Please find every line in the entries below that contains the string "Model", and copy it.

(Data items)
....
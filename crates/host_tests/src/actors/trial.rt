//! The actors of a small world, and what they answer.
ghost use Rattle.std.specs.Prelude.{◌≡◌, ◌∷◌, ◌^◌, ◌<◌, [], IfOk, codes, true};
ghost use Rattle.net_actors.specs.Numbers.{is_actor_among};
ghost use Rattle.host_tests.specs.Tried.{tried_host, tried_medium, tried_world};

use ndb_index::IndexedVersions;
use net_actors::{Actors, Due};
use net_base::{
    ActorName, Db, Fates, HostSpec, Hosts, Iface, Ifaces, Media, MediumSpec, Nets, Octets, Proto,
    Reply, RouteLines, Scripts, Starts, Timers, Version, Versions, Work, World,
};
use std::alloc::{AllocError, Global};
use std::marker::Model;
use std::sync::Arc;

pub const ANNA: u32 = 0x8768_0906;

pub const HELIX: u32 = 0x8768_091f;

/// What is read of a reply.
#[derive(Clone, Copy)]
pub enum Told {
    NotReady,
    Ok,
    NoFile,
    BadMode,
    BadFid,
    Version(u64),
    Lines(usize),
    CsRefused(u32),
    Names(usize),
    Slot(u32, u64),
    Granted(u32),
    Call(u32, u64),
    Calls(usize),
    To(u32, u64),
    Born(u32, u64),
    Opened(u64),
    Bytes(usize),
    Count(u32),
    Took,
    NotDue,
    Stale,
    Laid(u64),
    Copy(u64),
    Other,
}

fn read_reply(reply: &Reply) -> Told {
    match reply {
        Reply::Ok => Told::Ok,
        Reply::NoFile => Told::NoFile,
        Reply::BadMode => Told::BadMode,
        Reply::BadFid => Told::BadFid,
        Reply::Version { version } => Told::Version(*version),
        Reply::Lines { lines } => Told::Lines(lines.len()),
        Reply::CsRefused { number } => Told::CsRefused(*number),
        Reply::Names { names } => Told::Names(names.len()),
        Reply::Slot { slot, generation } => Told::Slot(*slot, *generation),
        Reply::Granted { limit, .. } => Told::Granted(*limit),
        Reply::Call { slot, generation } => Told::Call(*slot, *generation),
        Reply::Calls { calls } => Told::Calls(calls.len()),
        Reply::To { slot, generation } => Told::To(*slot, *generation),
        Reply::Born {
            slot,
            generation,
            ..
        } => Told::Born(*slot, *generation),
        Reply::Opened { generation } => Told::Opened(*generation),
        Reply::Bytes { bytes } => Told::Bytes(bytes.len()),
        Reply::Count { count } => Told::Count(*count),
        Reply::Took => Told::Took,
        Reply::NotDue => Told::NotDue,
        Reply::Stale => Told::Stale,
        Reply::Laid { frame } => Told::Laid(*frame),
        Reply::Copy { frame } => Told::Copy(*frame),
        _ => Told::Other,
    }
}

/// By what one is told from another: a number for each kind, and what it holds.
fn key(told: Told) -> (u8, u32, u64) {
    match told {
        Told::NotReady => (0, 0, 0),
        Told::Ok => (1, 0, 0),
        Told::NoFile => (2, 0, 0),
        Told::BadMode => (3, 0, 0),
        Told::BadFid => (4, 0, 0),
        Told::Lines(count) => (5, 0, count as u64),
        Told::CsRefused(number) => (6, number, 0),
        Told::Names(count) => (7, 0, count as u64),
        Told::Slot(slot, generation) => (8, slot, generation),
        Told::Granted(limit) => (9, limit, 0),
        Told::Call(slot, generation) => (10, slot, generation),
        Told::Calls(count) => (11, 0, count as u64),
        Told::To(slot, generation) => (12, slot, generation),
        Told::Born(slot, generation) => (13, slot, generation),
        Told::Opened(generation) => (14, 0, generation),
        Told::Bytes(count) => (15, 0, count as u64),
        Told::Count(count) => (16, count, 0),
        Told::Took => (17, 0, 0),
        Told::NotDue => (18, 0, 0),
        Told::Stale => (19, 0, 0),
        Told::Laid(frame) => (20, 0, frame),
        Told::Copy(frame) => (21, 0, frame),
        Told::Version(version) => (22, 0, version),
        Told::Other => (23, 0, 0),
    }
}

pub fn is_same(told: Told, want: Told) -> bool {
    key(told) == key(want)
}

fn media(alloc: Global) -> Result<Media, AllocError>
    ensures { IfOk result (λ ms. ms ≡ tried_medium ∷ []) }
{
    let mut media = Media::new(alloc);
    media.push(MediumSpec {
        number: 0,
        name: Octets::from_slice(alloc, b"ether0")?,
        mtu: 1500,
        loss: 0,
        twice: 0,
        later: 0,
        fates: Fates::new(alloc),
    })?;
    Ok(media)
}

fn host(alloc: Global, name: &[u8], ip: u32) -> Result<HostSpec, AllocError>
    ensures { IfOk result (λ h. h ≡ tried_host name.now ip) }
{
    let mut nets = Nets::new(alloc);
    nets.push(Proto::Il)?;
    nets.push(Proto::Udp)?;
    let mut ifaces = Ifaces::new(alloc);
    ifaces.push(Iface {
        medium: 0,
        ip,
        mask: 0xffff_ff00,
    })?;
    Ok(HostSpec {
        name: Octets::from_slice(alloc, name)?,
        nets,
        ifaces,
        routes: RouteLines::new(alloc),
        starts: Starts::new(alloc),
    })
}

fn hosts(alloc: Global) -> Result<Hosts, AllocError>
    ensures { IfOk result (λ hs. hs
        ≡ tried_host (codes "anna") 2271742214 ∷ tried_host (codes "helix") 2271742239 ∷ []) }
{
    let mut hosts = Hosts::new(alloc);
    hosts.push(host(alloc, b"anna", ANNA)?)?;
    hosts.push(host(alloc, b"helix", HELIX)?)?;
    Ok(hosts)
}

/// One version of the database, which is empty.
fn versions(alloc: Global) -> Result<Versions, AllocError>
    ensures { IfOk result (λ versions. versions ≡ record { moment = 0; db = [] } ∷ []) }
{
    let mut versions = Versions::new(alloc);
    versions.push(Version {
        moment: 0,
        db: Db::new(alloc),
    })?;
    Ok(versions)
}

fn world(alloc: Global) -> Result<World, AllocError>
    ensures { IfOk result (λ w. w ≡ tried_world) }
{
    Ok(World {
        end: 60000,
        seed: 7,
        timers: Timers::Fixed,
        media: media(alloc)?,
        hosts: hosts(alloc)?,
        scripts: Scripts::new(alloc),
        dbs: versions(alloc)?,
    })
}

/// The actors of the small world, which have answered so many works.
#[derive(Drop)]
pub struct Trial {
    actors: Actors,
    works: u32,
}

impl Model for Trial {
    ghost use Rattle.host_tests.specs.Tried.{AreLedTo, tried_world};
    ghost use Rattle.std.specs.Prelude.{ℕ};

    ghost Value = { ℕ };

    ghost view = { λ t. t.works };

    ghost invariant = { λ t. AreLedTo tried_world t.actors t.works };
}

impl Trial {
    #[tactic(auto, using(crate::proofs::Trying::none_led, crate::proofs::Trying::tried_is_world))]
    pub fn new(alloc: Global) -> Result<Trial, AllocError> {
        let world = world(alloc)?;
        let dbs = Arc::new(alloc, IndexedVersions::new(alloc, world.dbs.as_slice())?)?;
        let actors = Actors::new(alloc, &world, &dbs);
        drop(world);
        Ok(Trial {
            actors: actors?,
            works: 0,
        })
    }

    /// What the actor answers.
    pub fn answer(&mut self, name: ActorName, now: u64, work: &Work) -> Result<Told, AllocError>
        requires among { is_actor_among 2 1 name ≡ true }
        requires now { now < 2 ^ 63 }
    {
        if self.works >= 1000 {
            return Ok(Told::NotReady);
        }
        if !self.actors.ready(name, now, work) {
            return Ok(Told::NotReady);
        }
        let outcome = self.actors.step(name, now, work)?;
        self.works += 1;
        let told = read_reply(&outcome.reply);
        drop(outcome);
        Ok(told)
    }

    /// When the actor is due.
    pub fn due(&self, name: ActorName) -> Option<u64>
        requires { is_actor_among 2 1 name ≡ true }
    {
        self.actors.due(name)
    }

    /// The generation of a conversation.
    pub fn generation(&self, name: ActorName) -> u64
        requires { is_actor_among 2 1 name ≡ true }
    {
        self.actors.generation(name)
    }

    /// The due moments of all conversations.
    pub fn dues(&self, alloc: Global) -> Result<Vec<Due>, AllocError> {
        self.actors.dues(alloc)
    }
}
....
== Response to the exercise ==
use std::marker::Model;
impl Model for Trial {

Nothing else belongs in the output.